= BRIEF =
Repeat the listing below in full, keeping each word as given.

= EXERCISE DATA =

* * *

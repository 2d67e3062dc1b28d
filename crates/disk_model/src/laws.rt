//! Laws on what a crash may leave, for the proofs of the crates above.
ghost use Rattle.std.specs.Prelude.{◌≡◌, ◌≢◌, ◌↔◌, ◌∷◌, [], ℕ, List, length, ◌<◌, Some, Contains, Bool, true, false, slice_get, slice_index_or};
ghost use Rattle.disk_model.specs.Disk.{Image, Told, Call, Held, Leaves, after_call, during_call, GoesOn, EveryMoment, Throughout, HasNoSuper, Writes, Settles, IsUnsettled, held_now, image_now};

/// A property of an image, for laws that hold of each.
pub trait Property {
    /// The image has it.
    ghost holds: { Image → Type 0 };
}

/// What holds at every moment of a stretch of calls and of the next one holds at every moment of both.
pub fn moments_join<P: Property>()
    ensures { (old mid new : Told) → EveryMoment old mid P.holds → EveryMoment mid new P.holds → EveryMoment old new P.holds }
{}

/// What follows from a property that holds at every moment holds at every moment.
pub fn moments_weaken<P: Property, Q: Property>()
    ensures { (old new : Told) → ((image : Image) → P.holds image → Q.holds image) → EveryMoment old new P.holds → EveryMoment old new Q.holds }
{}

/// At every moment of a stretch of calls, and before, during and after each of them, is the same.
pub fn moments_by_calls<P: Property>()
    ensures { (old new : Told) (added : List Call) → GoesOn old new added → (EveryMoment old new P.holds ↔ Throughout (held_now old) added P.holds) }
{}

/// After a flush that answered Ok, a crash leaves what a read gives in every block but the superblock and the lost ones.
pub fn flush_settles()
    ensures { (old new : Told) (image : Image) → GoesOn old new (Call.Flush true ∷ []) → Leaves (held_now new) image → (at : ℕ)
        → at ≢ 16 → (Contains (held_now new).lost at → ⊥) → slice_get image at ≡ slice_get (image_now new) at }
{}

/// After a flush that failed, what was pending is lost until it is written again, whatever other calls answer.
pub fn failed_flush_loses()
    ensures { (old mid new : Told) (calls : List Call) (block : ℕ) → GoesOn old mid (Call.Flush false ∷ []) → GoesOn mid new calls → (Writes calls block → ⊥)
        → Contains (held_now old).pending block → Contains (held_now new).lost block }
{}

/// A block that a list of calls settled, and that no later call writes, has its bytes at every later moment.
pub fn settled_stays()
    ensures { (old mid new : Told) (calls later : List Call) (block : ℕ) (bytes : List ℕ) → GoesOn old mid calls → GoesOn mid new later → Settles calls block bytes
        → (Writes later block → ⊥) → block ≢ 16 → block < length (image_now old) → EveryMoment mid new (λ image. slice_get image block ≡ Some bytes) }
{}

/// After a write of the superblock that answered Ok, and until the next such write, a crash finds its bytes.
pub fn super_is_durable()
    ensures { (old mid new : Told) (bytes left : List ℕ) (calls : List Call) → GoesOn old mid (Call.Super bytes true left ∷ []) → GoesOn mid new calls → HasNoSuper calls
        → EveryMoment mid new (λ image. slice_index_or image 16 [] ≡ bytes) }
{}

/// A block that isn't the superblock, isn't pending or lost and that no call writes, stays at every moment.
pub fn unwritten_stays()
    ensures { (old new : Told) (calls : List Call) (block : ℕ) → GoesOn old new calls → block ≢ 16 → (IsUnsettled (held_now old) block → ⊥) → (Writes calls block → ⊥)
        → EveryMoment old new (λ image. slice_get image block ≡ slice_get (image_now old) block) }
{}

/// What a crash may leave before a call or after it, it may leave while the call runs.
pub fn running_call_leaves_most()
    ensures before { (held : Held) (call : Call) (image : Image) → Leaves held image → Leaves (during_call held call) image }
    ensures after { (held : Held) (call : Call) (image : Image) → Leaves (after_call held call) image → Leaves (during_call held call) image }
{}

* * *

= WRITTEN SOLUTION =
repository 2d67e3062dc1b28d
filename crates/disk_model/src/laws.rt
//! Laws on what a crash may leave, for the proofs of the crates above.
ghost use Rattle.std.specs.Prelude.{◌≡◌, ◌≢◌, ◌↔◌, ◌∷◌, [], ℕ, List, length, ◌<◌, Some, Contains, Bool, true, false, slice_get, slice_index_or};
ghost use Rattle.disk_model.specs.Disk.{Image, Told, Call, Held, Leaves, after_call, during_call, GoesOn, EveryMoment, Throughout, HasNoSuper, Writes, Settles, IsUnsettled, held_now, image_now};

/// A property of an image, for laws that hold of each.
pub trait Property {
    /// The image has it.
    ghost holds: { Image → Type 0 };
}

/// What holds at every moment of a stretch of calls and of the next one holds at every moment of both.
pub fn moments_join<P: Property>()
    ensures { (old mid new : Told) → EveryMoment old mid P.holds → EveryMoment mid new P.holds → EveryMoment old new P.holds }
{}

/// What follows from a property that holds at every moment holds at every moment.
pub fn moments_weaken<P: Property, Q: Property>()
    ensures { (old new : Told) → ((image : Image) → P.holds image → Q.holds image) → EveryMoment old new P.holds → EveryMoment old new Q.holds }
{}

/// At every moment of a stretch of calls, and before, during and after each of them, is the same.
pub fn moments_by_calls<P: Property>()
    ensures { (old new : Told) (added : List Call) → GoesOn old new added → (EveryMoment old new P.holds ↔ Throughout (held_now old) added P.holds) }
{}

/// After a flush that answered Ok, a crash leaves what a read gives in every block but the superblock and the lost ones.
pub fn flush_settles()
    ensures { (old new : Told) (image : Image) → GoesOn old new (Call.Flush true ∷ []) → Leaves (held_now new) image → (at : ℕ)
        → at ≢ 16 → (Contains (held_now new).lost at → ⊥) → slice_get image at ≡ slice_get (image_now new) at }
{}

/// After a flush that failed, what was pending is lost until it is written again, whatever other calls answer.
pub fn failed_flush_loses()
    ensures { (old mid new : Told) (calls : List Call) (block : ℕ) → GoesOn old mid (Call.Flush false ∷ []) → GoesOn mid new calls → (Writes calls block → ⊥)
        → Contains (held_now old).pending block → Contains (held_now new).lost block }
{}

/// A block that a list of calls settled, and that no later call writes, has its bytes at every later moment.
pub fn settled_stays()
    ensures { (old mid new : Told) (calls later : List Call) (block : ℕ) (bytes : List ℕ) → GoesOn old mid calls → GoesOn mid new later → Settles calls block bytes
        → (Writes later block → ⊥) → block ≢ 16 → block < length (image_now old) → EveryMoment mid new (λ image. slice_get image block ≡ Some bytes) }
{}

/// After a write of the superblock that answered Ok, and until the next such write, a crash finds its bytes.
pub fn super_is_durable()
    ensures { (old mid new : Told) (bytes left : List ℕ) (calls : List Call) → GoesOn old mid (Call.Super bytes true left ∷ []) → GoesOn mid new calls → HasNoSuper calls
        → EveryMoment mid new (λ image. slice_index_or image 16 [] ≡ bytes) }
{}

/// A block that isn't the superblock, isn't pending or lost and that no call writes, stays at every moment.
pub fn unwritten_stays()
    ensures { (old new : Told) (calls : List Call) (block : ℕ) → GoesOn old new calls → block ≢ 16 → (IsUnsettled (held_now old) block → ⊥) → (Writes calls block → ⊥)
        → EveryMoment old new (λ image. slice_get image block ≡ slice_get (image_now old) block) }
{}

/// What a crash may leave before a call or after it, it may leave while the call runs.
pub fn running_call_leaves_most()
    ensures before { (held : Held) (call : Call) (image : Image) → Leaves held image → Leaves (during_call held call) image }
    ensures after { (held : Held) (call : Call) (image : Image) → Leaves (after_call held call) image → Leaves (during_call held call) image }
{}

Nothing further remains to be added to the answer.